■ REQUIRED ACTION ■
Copy each line of the records that includes "variants".

━━━━━━━━━━

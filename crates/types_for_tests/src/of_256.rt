// Written by enumset_derive types_for_tests of_256 from Of256: change the source, and write this again.

//! An enum of 256 variants over four words.

use enumset::internal::ArrayRepr;
use enumset::{EnumSet, EnumSetNames, EnumSetType, names_of, set_json};

/// A variant for each bit of four words. An enum may have no more variants than these 256.
#[derive(Clone, Copy, PartialEq, Eq)]
pub enum Of256 {
    V0,
    V1,
    V2,
    V3,
    V4,
    V5,
    V6,
    V7,
    V8,
    V9,
    V10,
    V11,
    V12,
    V13,
    V14,
    V15,
    V16,
    V17,
    V18,
    V19,
    V20,
    V21,
    V22,
    V23,
    V24,
    V25,
    V26,
    V27,
    V28,
    V29,
    V30,
    V31,
    V32,
    V33,
    V34,
    V35,
    V36,
    V37,
    V38,
    V39,
    V40,
    V41,
    V42,
    V43,
    V44,
    V45,
    V46,
    V47,
    V48,
    V49,
    V50,
    V51,
    V52,
    V53,
    V54,
    V55,
    V56,
    V57,
    V58,
    V59,
    V60,
    V61,
    V62,
    V63,
    V64,
    V65,
    V66,
    V67,
    V68,
    V69,
    V70,
    V71,
    V72,
    V73,
    V74,
    V75,
    V76,
    V77,
    V78,
    V79,
    V80,
    V81,
    V82,
    V83,
    V84,
    V85,
    V86,
    V87,
    V88,
    V89,
    V90,
    V91,
    V92,
    V93,
    V94,
    V95,
    V96,
    V97,
    V98,
    V99,
    V100,
    V101,
    V102,
    V103,
    V104,
    V105,
    V106,
    V107,
    V108,
    V109,
    V110,
    V111,
    V112,
    V113,
    V114,
    V115,
    V116,
    V117,
    V118,
    V119,
    V120,
    V121,
    V122,
    V123,
    V124,
    V125,
    V126,
    V127,
    V128,
    V129,
    V130,
    V131,
    V132,
    V133,
    V134,
    V135,
    V136,
    V137,
    V138,
    V139,
    V140,
    V141,
    V142,
    V143,
    V144,
    V145,
    V146,
    V147,
    V148,
    V149,
    V150,
    V151,
    V152,
    V153,
    V154,
    V155,
    V156,
    V157,
    V158,
    V159,
    V160,
    V161,
    V162,
    V163,
    V164,
    V165,
    V166,
    V167,
    V168,
    V169,
    V170,
    V171,
    V172,
    V173,
    V174,
    V175,
    V176,
    V177,
    V178,
    V179,
    V180,
    V181,
    V182,
    V183,
    V184,
    V185,
    V186,
    V187,
    V188,
    V189,
    V190,
    V191,
    V192,
    V193,
    V194,
    V195,
    V196,
    V197,
    V198,
    V199,
    V200,
    V201,
    V202,
    V203,
    V204,
    V205,
    V206,
    V207,
    V208,
    V209,
    V210,
    V211,
    V212,
    V213,
    V214,
    V215,
    V216,
    V217,
    V218,
    V219,
    V220,
    V221,
    V222,
    V223,
    V224,
    V225,
    V226,
    V227,
    V228,
    V229,
    V230,
    V231,
    V232,
    V233,
    V234,
    V235,
    V236,
    V237,
    V238,
    V239,
    V240,
    V241,
    V242,
    V243,
    V244,
    V245,
    V246,
    V247,
    V248,
    V249,
    V250,
    V251,
    V252,
    V253,
    V254,
    V255,
}

impl EnumSetType for Of256 {
    ghost use Rattle.std.specs.Prelude.{◌∷◌, []};
    ghost use Rattle.enumset.specs.Sets.{in_place, lawful_in_words, lawful_in_place};
    ghost use Rattle.types_for_tests.specs.contracts.of_256.Of256.{the_type};

    type Repr = ArrayRepr<4>;

    ghost elements = { in_place the_type };

    ghost ALL_BITS = { 18446744073709551615 ∷ 18446744073709551615 ∷ 18446744073709551615 ∷
        18446744073709551615 ∷ [] };

    const ALL_BITS: ArrayRepr<4> = ArrayRepr([
        0xFFFFFFFFFFFFFFFF,
        0xFFFFFFFFFFFFFFFF,
        0xFFFFFFFFFFFFFFFF,
        0xFFFFFFFFFFFFFFFF,
    ]);

    ghost BIT_WIDTH = { 256 };

    const BIT_WIDTH: u32 = 256;

    ghost VARIANT_COUNT = { 256 };

    const VARIANT_COUNT: u32 = 256;

    fn enum_into_u32(self) -> u32 {
        self as u32
    }

    fn enum_from_u32(val: u32) -> Self {
        match val {
            0 => Self::V0,
            1 => Self::V1,
            2 => Self::V2,
            3 => Self::V3,
            4 => Self::V4,
            5 => Self::V5,
            6 => Self::V6,
            7 => Self::V7,
            8 => Self::V8,
            9 => Self::V9,
            10 => Self::V10,
            11 => Self::V11,
            12 => Self::V12,
            13 => Self::V13,
            14 => Self::V14,
            15 => Self::V15,
            16 => Self::V16,
            17 => Self::V17,
            18 => Self::V18,
            19 => Self::V19,
            20 => Self::V20,
            21 => Self::V21,
            22 => Self::V22,
            23 => Self::V23,
            24 => Self::V24,
            25 => Self::V25,
            26 => Self::V26,
            27 => Self::V27,
            28 => Self::V28,
            29 => Self::V29,
            30 => Self::V30,
            31 => Self::V31,
            32 => Self::V32,
            33 => Self::V33,
            34 => Self::V34,
            35 => Self::V35,
            36 => Self::V36,
            37 => Self::V37,
            38 => Self::V38,
            39 => Self::V39,
            40 => Self::V40,
            41 => Self::V41,
            42 => Self::V42,
            43 => Self::V43,
            44 => Self::V44,
            45 => Self::V45,
            46 => Self::V46,
            47 => Self::V47,
            48 => Self::V48,
            49 => Self::V49,
            50 => Self::V50,
            51 => Self::V51,
            52 => Self::V52,
            53 => Self::V53,
            54 => Self::V54,
            55 => Self::V55,
            56 => Self::V56,
            57 => Self::V57,
            58 => Self::V58,
            59 => Self::V59,
            60 => Self::V60,
            61 => Self::V61,
            62 => Self::V62,
            63 => Self::V63,
            64 => Self::V64,
            65 => Self::V65,
            66 => Self::V66,
            67 => Self::V67,
            68 => Self::V68,
            69 => Self::V69,
            70 => Self::V70,
            71 => Self::V71,
            72 => Self::V72,
            73 => Self::V73,
            74 => Self::V74,
            75 => Self::V75,
            76 => Self::V76,
            77 => Self::V77,
            78 => Self::V78,
            79 => Self::V79,
            80 => Self::V80,
            81 => Self::V81,
            82 => Self::V82,
            83 => Self::V83,
            84 => Self::V84,
            85 => Self::V85,
            86 => Self::V86,
            87 => Self::V87,
            88 => Self::V88,
            89 => Self::V89,
            90 => Self::V90,
            91 => Self::V91,
            92 => Self::V92,
            93 => Self::V93,
            94 => Self::V94,
            95 => Self::V95,
            96 => Self::V96,
            97 => Self::V97,
            98 => Self::V98,
            99 => Self::V99,
            100 => Self::V100,
            101 => Self::V101,
            102 => Self::V102,
            103 => Self::V103,
            104 => Self::V104,
            105 => Self::V105,
            106 => Self::V106,
            107 => Self::V107,
            108 => Self::V108,
            109 => Self::V109,
            110 => Self::V110,
            111 => Self::V111,
            112 => Self::V112,
            113 => Self::V113,
            114 => Self::V114,
            115 => Self::V115,
            116 => Self::V116,
            117 => Self::V117,
            118 => Self::V118,
            119 => Self::V119,
            120 => Self::V120,
            121 => Self::V121,
            122 => Self::V122,
            123 => Self::V123,
            124 => Self::V124,
            125 => Self::V125,
            126 => Self::V126,
            127 => Self::V127,
            128 => Self::V128,
            129 => Self::V129,
            130 => Self::V130,
            131 => Self::V131,
            132 => Self::V132,
            133 => Self::V133,
            134 => Self::V134,
            135 => Self::V135,
            136 => Self::V136,
            137 => Self::V137,
            138 => Self::V138,
            139 => Self::V139,
            140 => Self::V140,
            141 => Self::V141,
            142 => Self::V142,
            143 => Self::V143,
            144 => Self::V144,
            145 => Self::V145,
            146 => Self::V146,
            147 => Self::V147,
            148 => Self::V148,
            149 => Self::V149,
            150 => Self::V150,
            151 => Self::V151,
            152 => Self::V152,
            153 => Self::V153,
            154 => Self::V154,
            155 => Self::V155,
            156 => Self::V156,
            157 => Self::V157,
            158 => Self::V158,
            159 => Self::V159,
            160 => Self::V160,
            161 => Self::V161,
            162 => Self::V162,
            163 => Self::V163,
            164 => Self::V164,
            165 => Self::V165,
            166 => Self::V166,
            167 => Self::V167,
            168 => Self::V168,
            169 => Self::V169,
            170 => Self::V170,
            171 => Self::V171,
            172 => Self::V172,
            173 => Self::V173,
            174 => Self::V174,
            175 => Self::V175,
            176 => Self::V176,
            177 => Self::V177,
            178 => Self::V178,
            179 => Self::V179,
            180 => Self::V180,
            181 => Self::V181,
            182 => Self::V182,
            183 => Self::V183,
            184 => Self::V184,
            185 => Self::V185,
            186 => Self::V186,
            187 => Self::V187,
            188 => Self::V188,
            189 => Self::V189,
            190 => Self::V190,
            191 => Self::V191,
            192 => Self::V192,
            193 => Self::V193,
            194 => Self::V194,
            195 => Self::V195,
            196 => Self::V196,
            197 => Self::V197,
            198 => Self::V198,
            199 => Self::V199,
            200 => Self::V200,
            201 => Self::V201,
            202 => Self::V202,
            203 => Self::V203,
            204 => Self::V204,
            205 => Self::V205,
            206 => Self::V206,
            207 => Self::V207,
            208 => Self::V208,
            209 => Self::V209,
            210 => Self::V210,
            211 => Self::V211,
            212 => Self::V212,
            213 => Self::V213,
            214 => Self::V214,
            215 => Self::V215,
            216 => Self::V216,
            217 => Self::V217,
            218 => Self::V218,
            219 => Self::V219,
            220 => Self::V220,
            221 => Self::V221,
            222 => Self::V222,
            223 => Self::V223,
            224 => Self::V224,
            225 => Self::V225,
            226 => Self::V226,
            227 => Self::V227,
            228 => Self::V228,
            229 => Self::V229,
            230 => Self::V230,
            231 => Self::V231,
            232 => Self::V232,
            233 => Self::V233,
            234 => Self::V234,
            235 => Self::V235,
            236 => Self::V236,
            237 => Self::V237,
            238 => Self::V238,
            239 => Self::V239,
            240 => Self::V240,
            241 => Self::V241,
            242 => Self::V242,
            243 => Self::V243,
            244 => Self::V244,
            245 => Self::V245,
            246 => Self::V246,
            247 => Self::V247,
            248 => Self::V248,
            249 => Self::V249,
            250 => Self::V250,
            251 => Self::V251,
            252 => Self::V252,
            253 => Self::V253,
            254 => Self::V254,
            255 => Self::V255,
            _ => {
                enumset::variants::is_below(val, 256);
                unreachable!()
            }
        }
    }

    ghost lawful = { lawful_in_place the_type (lawful_in_words the_type _ tt) };
}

━━━━━━━━━━

■ TASK OUTPUT ■
//! An enum of 256 variants over four words.
/// A variant for each bit of four words. An enum may have no more variants than these 256.
                enumset::variants::is_below(val, 256);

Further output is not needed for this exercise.